Rural life continues to face daunting challenges in this country: poverty, unemployment, depopulation, the youth moving away. The in-group feeling of this tradition, its historical pedigree, resonance, and the disarming character of Toby himself, lend the Toby Show its inherent charm and perhaps attest to this enduring function of holding up a positive mirror to rural communities.

During intermission the actors mingled with the audience to sell packages of home-made taffy, a wildly popular item due to the fact that hidden in one of these packages was a ring worth $150. Children and teens were buying up to ten or twenty packages at a time and madly ripping them apart to find the ring. The lucky girl who found it was invited on stage to take a bow. Actors selling boxes of candy with a hidden “diamond ring,” “charm,” or “trinket” inside is yet another time honored facet of the traveling tent shows, as noted here by Bill Wundram in the “Quad City Times”:

True to tradition, the actors this year worked the audience with a candy pitch. They sold boxes of “Delicious Caroline Confection” (salt water taffy). Every box contained a prize, as in Cracker Jacks. A lucky few had coupons to be redeemed for bigger prizes. Long ago, prizes were dishes, dolls, wrist watches.

Before the curtain parted for the second act, Toby and the cast members told a series of jokes and performed comic dances to live music, adding a distinctly vaudeville element to the show. These routines were tacked on following the end of the play, as well; a standard trait of the traditional tent shows, according to Andy Reddick :

From the moment the curtain opened until it closed two hours later, the crowds were kept laughing or entranced in suspense due to the crazy antics presented on stage. In between acts singers, dancers and vaudeville artists delighted the audience.

Boys in the audience
Boys in the audience

The play started at 7:30 and we didn’t leave the tent until after 10:00, a stretch of time the audience seemed quite comfortable with as they were expecting it.
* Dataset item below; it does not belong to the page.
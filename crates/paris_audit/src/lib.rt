//! The audit: whether a history and the receipts of its seats agree. It needs a book, and no desk.
#![tactic(auto)]

mod agreement;

pub use agreement::{are_answered, audit, audit_with};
Audience response throughout was spirited and enthusiastic – Toby and company had the attendees in the palm of their hands. These well tested elements of American touring folk drama apparently still have the capacity to enchant audiences through strict adherence to a classic mix of archetypical melodramas, stock characters, comic song and dance routines, candy sales driven by hidden prizes, and first and foremost, the beloved country rube himself. The Rivertime Players, led by Artistic Director Shane Bridges and Executive Director Mark Tubbs, have succeeded in making this long dormant rural American art form feel spontaneous, fresh, and vital and, by so doing, bringing it back home.